道道 688 号「名寄遠別線」の「第一共栄橋」の近く(下流側ですが)で遠別川に合流する東支流の名前です。「東西蝦夷山川地理取調図」にも「ハンケホロヘツ」という名前の川が描かれています。また「竹四郎廻浦日記」にも「バンケホロベツ」という名前で記録されています。

あまりに一般的な名前だからか、永田地名解には記載がありません。panke-poro-pet で「川下側の・大きな・川」と解釈できるのですが、他の川(たとえば北にある「ルベシュベ川」や、南にある「オモシルシベツ川」と比べてもそれほど大きな川とは言えないような気がします。

ただ、これはおそらく比較対象を間違えているだけで、たとえば「パンケホロベツ川」と「ペンケホロベツ川」の間にもいくつかの小さな谷があります。これらの川と比べると「大きな川」ということで、poro-pet と呼ばれたのでしょうね。

ペンケホロベツ川

penke-poro-pet
川上側の・大きな・川
(典拠あり、類型多数)

道道 688 号「名寄遠別線」の「第二共栄橋」と「奥島橋」の間あたりで遠別川に合流する東支流の名前です。
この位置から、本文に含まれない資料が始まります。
//! The counts of a part, and the part that is generated from a number.
#![tactic(auto)]

mod common;
mod counts;
mod draws;
mod feature;
mod generated;
mod job_rows;
mod laws;
mod params;
mod report;

pub use counts::{CountRow, CountRows, Counts};
pub use generated::make_part;
pub use job_rows::job_counts;
pub use laws::{one_count, seed_none_begins_so, seeds_give_sixteen, slots_are_written};
pub use report::summary;
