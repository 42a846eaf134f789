//! Parameters, entities and instances, made of fields.
ghost use Rattle.std.specs.Prelude.{◌≡◌, [], ◌∷◌, ◌++◌, decimal, map, IfOk};
ghost use Rattle.sn_p21.specs.declared.file.Param.TheVariants as param;
ghost use Rattle.sn_report.specs.Fields.{param_of};
ghost use Rattle.sn_report.specs.Generated.{whole, below_zero, to, text, simple, point, placement, size};

use itoa::Buffer;
use sn_geom::Memory;
use sn_p21::{Entity, Instance, Param};
use sqlite_items::Items;
use std::alloc::Global;

/// What a parameter is made of. It holds no memory.
#[derive(Clone, Copy)]
pub enum Field<'a> {
    /// A string with this value.
    Text(&'a [u8]),
    /// An integer of this spelling.
    Int(&'a [u8]),
    /// A real of this spelling.
    Real(&'a [u8]),
    /// An enumeration value of this name.
    Enum(&'a [u8]),
    /// A whole number as a real.
    Whole(u32),
    /// A whole number below zero as a real.
    BelowZero(u32),
    /// The number of an instance.
    Ref(u32),
    /// No value.
    Absent,
    /// A list of strings.
    Texts(&'a [&'a [u8]]),
    /// A list of the numbers of instances.
    Refs(&'a [u32]),
}

/// The parameter of a field.
fn param(alloc: Global, field: Field) -> Result<Param, Memory>
    ensures { IfOk result (λ p. p ≡ param_of field.entry) }
{
    Ok(match field {
        Field::Text(value) => Param::Text(Items::from_slice(alloc, value)?),
        Field::Int(spelling) => Param::Int(Items::from_slice(alloc, spelling)?),
        Field::Real(spelling) => Param::Real(Items::from_slice(alloc, spelling)?),
        Field::Enum(name) => Param::Enum(Items::from_slice(alloc, name)?),
        Field::Whole(n) => Param::Real(Items::from_vec(whole(alloc, n)?)),
        Field::BelowZero(n) => Param::Real(Items::from_vec(below_zero(alloc, n)?)),
        Field::Ref(n) => Param::Ref(n),
        Field::Absent => Param::Absent,
        Field::Texts(values) => Param::List(Items::from_vec(texts(alloc, values)?)),
        Field::Refs(numbers) => Param::List(Items::from_vec(refs(alloc, numbers)?)),
    })
}

/// The spelling of a whole number as a real.
fn whole(alloc: Global, n: u32) -> Result<Vec<u8>, Memory>
    ensures { IfOk result (λ spelling. param.Real spelling.items ≡ whole n) }
{
    let mut spelling = digits(alloc, n)?;
    spelling.push(b'.')?;
    Ok(spelling)
}

/// The spelling of a whole number below zero as a real.
fn below_zero(alloc: Global, n: u32) -> Result<Vec<u8>, Memory>
    ensures { IfOk result (λ spelling. param.Real spelling.items ≡ below_zero n) }
{
    let mut spelling = Vec::from_slice(alloc, b"-")?;
    spelling.append(&mut digits(alloc, n)?)?;
    spelling.push(b'.')?;
    Ok(spelling)
}

/// The digits of a whole number.
fn digits(alloc: Global, n: u32) -> Result<Vec<u8>, Memory>
    ensures { IfOk result (λ digits. digits.items ≡ decimal n) }
{
    let mut buffer = Buffer::new();
    Ok(Vec::from_slice(alloc, buffer.format(n).as_bytes())?)
}

/// Strings with these values.
fn texts(alloc: Global, values: &[&[u8]]) -> Result<Vec<Param>, Memory>
    ensures { IfOk result (λ params. params.items ≡ map (λ value. param.Text value.now) values.now) }
{
    let mut params = Vec::new(alloc);
    for value in values {
        params.push(Param::Text(Items::from_slice(alloc, *value)?))?;
    }
    Ok(params)
}

/// The numbers of instances.
fn refs(alloc: Global, numbers: &[u32]) -> Result<Vec<Param>, Memory>
    ensures { IfOk result (λ params. params.items ≡ map to numbers.now) }
{
    Ok(numbers.iter().map(|n| Param::Ref(*n)).collect(alloc)?)
}

/// The parameters of fields.
fn params(alloc: Global, fields: &[Field]) -> Result<Vec<Param>, Memory>
    ensures { IfOk result (λ params. params.items ≡ map param_of fields.now) }
{
    let mut params = Vec::new(alloc);
    for field in fields {
        params.push(param(alloc, *field)?)?;
    }
    Ok(params)
}

/// An entity of this keyword.
fn entity_of(alloc: Global, keyword: &[u8], params: Vec<Param>) -> Result<Entity, Memory>
    ensures { IfOk result (λ e. e ≡ record { keyword = keyword.now; params = params.items }) }
{
    Ok(Entity {
        keyword: Items::from_slice(alloc, keyword)?,
        params: Items::from_vec(params),
    })
}

/// An entity of this keyword, with the parameters of these fields.
pub fn entity(alloc: Global, keyword: &[u8], fields: &[Field]) -> Result<Entity, Memory>
    ensures { IfOk result (λ e. e ≡ record { keyword = keyword.now; params = map param_of fields.now }) }
{
    entity_of(alloc, keyword, params(alloc, fields)?)
}

/// An instance of one part.
fn instance_of(
    alloc: Global,
    number: u32,
    keyword: &[u8],
    params: Vec<Param>,
) -> Result<Instance, Memory>
    ensures { IfOk result (λ i. i ≡ simple number keyword.now params.items) }
{
    let parts = vec![in alloc; entity_of(alloc, keyword, params)?]?;
    Ok(Instance {
        number,
        parts: Items::from_vec(parts),
    })
}

/// An instance of one part, with the parameters of these fields.
pub fn instance(
    alloc: Global,
    number: u32,
    keyword: &[u8],
    fields: &[Field],
) -> Result<Instance, Memory>
    ensures { IfOk result (λ i. i ≡ simple number keyword.now (map param_of fields.now)) }
{
    instance_of(alloc, number, keyword, params(alloc, fields)?)
}

/// An instance of one part, with the parameters of the fields in front and of those behind them.
pub fn joined(
    alloc: Global,
    number: u32,
    keyword: &[u8],
    front: &[Field],
    behind: &[Field],
) -> Result<Instance, Memory>
    ensures { IfOk result (λ i. i ≡ simple number keyword.now (map param_of front.now ++ map param_of behind.now)) }
{
    let mut row = params(alloc, front)?;
    row.append(&mut params(alloc, behind)?)?;
    instance_of(alloc, number, keyword, row)
}

/// A point or a direction: an instance of an empty string and the list of these components.
pub fn vector(
    alloc: Global,
    number: u32,
    keyword: &[u8],
    components: &[Field],
) -> Result<Instance, Memory>
    ensures { IfOk result (λ i. i ≡ simple number keyword.now (text "" ∷ param.List (map param_of components.now) ∷ [])) }
{
    let mut row = params(alloc, &[Field::Text(b"")])?;
    row.push(Param::List(Items::from_vec(params(alloc, components)?)))?;
    instance_of(alloc, number, keyword, row)
}

/// A point with these coordinates.
pub fn point(alloc: Global, number: u32, coordinates: &[Field]) -> Result<Instance, Memory>
    ensures { IfOk result (λ i. i ≡ point number (map param_of coordinates.now)) }
{
    vector(alloc, number, b"CARTESIAN_POINT", coordinates)
}

/// A placement at a point, along the axes.
pub fn placement(alloc: Global, number: u32, at: u32) -> Result<Instance, Memory>
    ensures { IfOk result (λ i. i ≡ placement number at) }
{
    let fields = [
        Field::Text(b""),
        Field::Ref(at),
        Field::Absent,
        Field::Absent,
    ];
    instance(alloc, number, b"AXIS2_PLACEMENT_3D", &fields)
}

/// A length.
pub fn size(alloc: Global, number: u32, value: Field) -> Result<Instance, Memory>
    ensures { IfOk result (λ i. i ≡ size number (param_of value.entry)) }
{
    instance(
        alloc,
        number,
        b"TOLERANCED_LENGTH_MEASURE",
        &[value, Field::Absent],
    )
}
「竹四郎廻浦日記」には「ベンケホロベツ」という名前の川が記録されていますが、面白いことに「東西蝦夷山川地理取調図」には「ペンケホロベツ川」に相当する川が見当たりません。「ハンケホロヘツ」と「ヲモシルシ」の間には「ホコヘツ」と「ニヽモケナイ」という川が描かれているのですが、実際には川らしき川は「ペンケホロベツ川」しか無いので、さてどう考えたものかと……。

あっ、「ホコヘツ」が「ホロベツ」の誤記だった可能性がありそうですね(今頃気づいた)。


とりあえず「ペンケホロベツ川」の地名解ですが、penke-poro-pet で「川上側の・大きな・川」と言う解釈で問題ないかと思っています。「ルベシュベ川」や「オモシルシベツ川」と規模的に大差のない川が poro-pet と呼ばれたのは、もっと身近な小河川との比較だったのだろう……というのは前述の通りですが、「パンケホロベツ川」と「ペンケホロベツ川」が「大きな川」で括られてしまったのは、他に特徴づけるポイントが無かったのだろうな……と考えると、少し気の毒な感じもしてきました。

オモシルシベツ川

o-mosir-us-pet
河口・島・ある・川
o-mosir-ru-pes-pe?
河口・島・道・それに沿って下る・もの
(典拠あり、類型あり)(? = 典拠あるが疑問点あり、類型あり)

ペンケホロベツ川の 4~5 km ほど南で遠別川に合流する東支流の名前です。遠別川に合流する直前に道道 688 号「名寄遠別線」の橋があるのですが、名前が「面白橋」だったりします。

「東西蝦夷山川地理取調図」には「ヲモシルシ」という名前の川が描かれています。「竹四郎廻浦日記」には「ヲムシユルベシベ」とありますが、明治時代の「北海道地形図」には「オモシルシペッ」とあります。おおよそ合っているのですが、微妙に違いがあるとも言えそうです。

念のため両案を検討しておくと、「ヲムシユルベシベ」であれば o-mosir-ru-pes-pe で「河口・島・道・それに沿って下る・もの」となります。文法的には若干妙ですが、o-mosir(-un)-ru-pes-pe で「河口・島(・ある)・道・それに沿って下る・もの」だとすれば良さそうです。

「オモシルシペッ」であれば o-mosir-us-pet で「河口・島・ある・川」となります。ということで、あとは ru-pes-pe(=峠道)としての実用性を考えれば良いことになるのですが、地形図を見た感じでは中川町の「オソウシュナイ川」に出るのに良さそうな峠道と言えそうな気もしてきました。

ということなので、「ヲムシユルベシベ」という別解?もノイズではなく、実際にそう解釈する流儀もあったのかもしれないな……と思えてきました。両論併記が良さそうな感じでしょうか。